■ Records supplied:
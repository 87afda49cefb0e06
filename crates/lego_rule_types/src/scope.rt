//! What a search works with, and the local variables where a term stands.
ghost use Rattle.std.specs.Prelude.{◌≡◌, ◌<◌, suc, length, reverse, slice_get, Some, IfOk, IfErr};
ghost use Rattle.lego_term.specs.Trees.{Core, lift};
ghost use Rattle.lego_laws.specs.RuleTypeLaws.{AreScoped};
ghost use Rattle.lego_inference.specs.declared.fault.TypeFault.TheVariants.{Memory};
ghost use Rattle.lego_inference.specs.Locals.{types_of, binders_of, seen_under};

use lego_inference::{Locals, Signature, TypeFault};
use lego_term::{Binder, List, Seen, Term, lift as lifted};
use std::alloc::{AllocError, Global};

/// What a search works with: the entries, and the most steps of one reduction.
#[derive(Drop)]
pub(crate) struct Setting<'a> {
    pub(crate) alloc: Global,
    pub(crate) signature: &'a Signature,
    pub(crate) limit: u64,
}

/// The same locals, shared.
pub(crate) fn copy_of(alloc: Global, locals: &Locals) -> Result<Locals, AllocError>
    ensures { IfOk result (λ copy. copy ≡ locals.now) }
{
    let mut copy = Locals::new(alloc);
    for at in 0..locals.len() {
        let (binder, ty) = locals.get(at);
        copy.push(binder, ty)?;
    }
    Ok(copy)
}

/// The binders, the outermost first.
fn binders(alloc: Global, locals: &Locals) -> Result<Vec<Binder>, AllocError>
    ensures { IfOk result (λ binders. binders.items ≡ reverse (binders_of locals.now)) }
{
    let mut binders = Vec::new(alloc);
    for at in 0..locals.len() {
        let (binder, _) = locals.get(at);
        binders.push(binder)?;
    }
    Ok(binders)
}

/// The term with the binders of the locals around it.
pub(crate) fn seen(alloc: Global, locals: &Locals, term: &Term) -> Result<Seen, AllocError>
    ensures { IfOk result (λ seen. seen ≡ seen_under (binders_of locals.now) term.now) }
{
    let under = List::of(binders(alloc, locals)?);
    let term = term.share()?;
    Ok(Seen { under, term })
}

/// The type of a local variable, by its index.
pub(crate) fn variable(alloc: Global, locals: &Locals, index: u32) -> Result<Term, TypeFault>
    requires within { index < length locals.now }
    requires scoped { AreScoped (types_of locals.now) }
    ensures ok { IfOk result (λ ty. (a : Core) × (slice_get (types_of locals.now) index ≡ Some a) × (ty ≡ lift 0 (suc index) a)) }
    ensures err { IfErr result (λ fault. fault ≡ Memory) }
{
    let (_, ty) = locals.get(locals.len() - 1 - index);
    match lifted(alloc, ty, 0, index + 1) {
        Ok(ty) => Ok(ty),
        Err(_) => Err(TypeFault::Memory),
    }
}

--

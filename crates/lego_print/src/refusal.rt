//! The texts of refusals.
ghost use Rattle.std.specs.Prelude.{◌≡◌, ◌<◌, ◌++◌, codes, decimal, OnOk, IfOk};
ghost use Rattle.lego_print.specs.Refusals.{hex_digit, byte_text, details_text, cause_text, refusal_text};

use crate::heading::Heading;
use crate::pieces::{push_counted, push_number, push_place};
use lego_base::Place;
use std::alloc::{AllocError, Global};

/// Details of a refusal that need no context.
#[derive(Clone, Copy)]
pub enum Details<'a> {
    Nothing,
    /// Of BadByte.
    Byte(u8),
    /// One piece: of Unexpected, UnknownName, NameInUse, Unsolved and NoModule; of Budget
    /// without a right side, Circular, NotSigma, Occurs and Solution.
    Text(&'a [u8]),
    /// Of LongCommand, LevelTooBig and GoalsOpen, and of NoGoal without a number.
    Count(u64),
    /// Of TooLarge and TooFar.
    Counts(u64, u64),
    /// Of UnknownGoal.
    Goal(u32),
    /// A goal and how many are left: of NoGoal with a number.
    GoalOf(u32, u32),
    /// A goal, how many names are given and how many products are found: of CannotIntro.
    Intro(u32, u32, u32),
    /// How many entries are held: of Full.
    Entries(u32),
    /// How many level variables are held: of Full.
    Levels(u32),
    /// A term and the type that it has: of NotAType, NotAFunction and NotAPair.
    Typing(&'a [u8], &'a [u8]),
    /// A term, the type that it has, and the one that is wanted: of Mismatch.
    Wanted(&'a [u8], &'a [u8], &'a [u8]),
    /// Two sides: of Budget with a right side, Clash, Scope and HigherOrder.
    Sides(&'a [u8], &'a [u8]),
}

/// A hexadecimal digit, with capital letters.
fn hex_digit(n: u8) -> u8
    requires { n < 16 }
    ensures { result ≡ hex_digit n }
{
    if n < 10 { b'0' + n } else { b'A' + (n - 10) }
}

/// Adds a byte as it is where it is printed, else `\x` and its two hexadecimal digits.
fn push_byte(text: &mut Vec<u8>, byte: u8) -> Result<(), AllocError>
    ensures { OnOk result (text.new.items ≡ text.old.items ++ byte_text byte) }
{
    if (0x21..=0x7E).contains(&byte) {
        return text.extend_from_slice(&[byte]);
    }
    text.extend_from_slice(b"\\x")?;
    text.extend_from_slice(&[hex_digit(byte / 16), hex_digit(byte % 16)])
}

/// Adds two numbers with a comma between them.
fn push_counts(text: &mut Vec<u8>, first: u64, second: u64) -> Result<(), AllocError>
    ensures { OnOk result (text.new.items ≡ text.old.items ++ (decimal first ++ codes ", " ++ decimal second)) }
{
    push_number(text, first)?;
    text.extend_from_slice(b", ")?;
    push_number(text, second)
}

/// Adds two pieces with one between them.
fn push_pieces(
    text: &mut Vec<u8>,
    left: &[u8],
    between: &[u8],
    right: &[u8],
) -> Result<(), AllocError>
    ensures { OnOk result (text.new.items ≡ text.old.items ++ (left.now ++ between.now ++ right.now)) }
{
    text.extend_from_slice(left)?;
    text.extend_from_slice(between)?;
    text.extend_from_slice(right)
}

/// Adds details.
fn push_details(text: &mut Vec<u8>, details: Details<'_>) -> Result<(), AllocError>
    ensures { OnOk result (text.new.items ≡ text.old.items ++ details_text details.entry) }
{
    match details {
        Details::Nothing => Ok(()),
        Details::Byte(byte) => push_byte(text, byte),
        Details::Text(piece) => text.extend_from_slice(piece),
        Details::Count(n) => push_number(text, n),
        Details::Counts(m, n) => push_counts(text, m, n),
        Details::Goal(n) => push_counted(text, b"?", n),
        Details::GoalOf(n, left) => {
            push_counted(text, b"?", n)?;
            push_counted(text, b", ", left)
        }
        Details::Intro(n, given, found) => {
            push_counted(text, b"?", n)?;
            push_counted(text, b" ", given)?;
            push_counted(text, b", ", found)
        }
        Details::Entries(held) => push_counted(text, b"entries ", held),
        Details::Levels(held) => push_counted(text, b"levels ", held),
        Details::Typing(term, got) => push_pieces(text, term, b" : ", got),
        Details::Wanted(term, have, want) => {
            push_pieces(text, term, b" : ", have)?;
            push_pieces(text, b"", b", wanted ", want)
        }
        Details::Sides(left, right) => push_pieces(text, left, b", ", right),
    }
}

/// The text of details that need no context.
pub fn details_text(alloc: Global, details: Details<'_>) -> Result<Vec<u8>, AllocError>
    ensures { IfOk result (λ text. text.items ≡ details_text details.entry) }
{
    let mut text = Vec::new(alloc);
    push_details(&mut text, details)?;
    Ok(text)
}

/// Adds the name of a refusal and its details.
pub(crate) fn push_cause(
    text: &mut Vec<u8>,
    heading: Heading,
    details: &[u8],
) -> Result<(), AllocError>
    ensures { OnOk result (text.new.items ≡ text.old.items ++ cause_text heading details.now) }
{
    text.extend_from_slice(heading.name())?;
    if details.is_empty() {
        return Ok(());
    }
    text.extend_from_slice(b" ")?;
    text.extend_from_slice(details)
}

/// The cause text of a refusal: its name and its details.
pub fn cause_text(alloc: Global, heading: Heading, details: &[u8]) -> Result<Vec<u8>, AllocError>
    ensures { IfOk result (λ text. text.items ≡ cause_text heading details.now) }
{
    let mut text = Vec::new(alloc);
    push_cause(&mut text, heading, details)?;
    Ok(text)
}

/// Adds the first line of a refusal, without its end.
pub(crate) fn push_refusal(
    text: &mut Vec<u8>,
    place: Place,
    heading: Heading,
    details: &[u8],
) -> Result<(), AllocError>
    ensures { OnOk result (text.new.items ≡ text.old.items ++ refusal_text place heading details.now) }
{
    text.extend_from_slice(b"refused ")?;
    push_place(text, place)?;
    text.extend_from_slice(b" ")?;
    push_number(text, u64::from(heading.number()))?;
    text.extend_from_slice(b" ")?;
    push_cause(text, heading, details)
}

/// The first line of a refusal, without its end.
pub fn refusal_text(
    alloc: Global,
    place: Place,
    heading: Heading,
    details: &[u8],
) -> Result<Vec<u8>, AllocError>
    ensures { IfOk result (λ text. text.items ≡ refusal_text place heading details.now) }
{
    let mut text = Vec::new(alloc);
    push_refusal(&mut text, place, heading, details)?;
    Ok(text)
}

■ The problem:
Only the count is needed: the number of lines in the data that include the word "filename".

■ Answer for the task:
2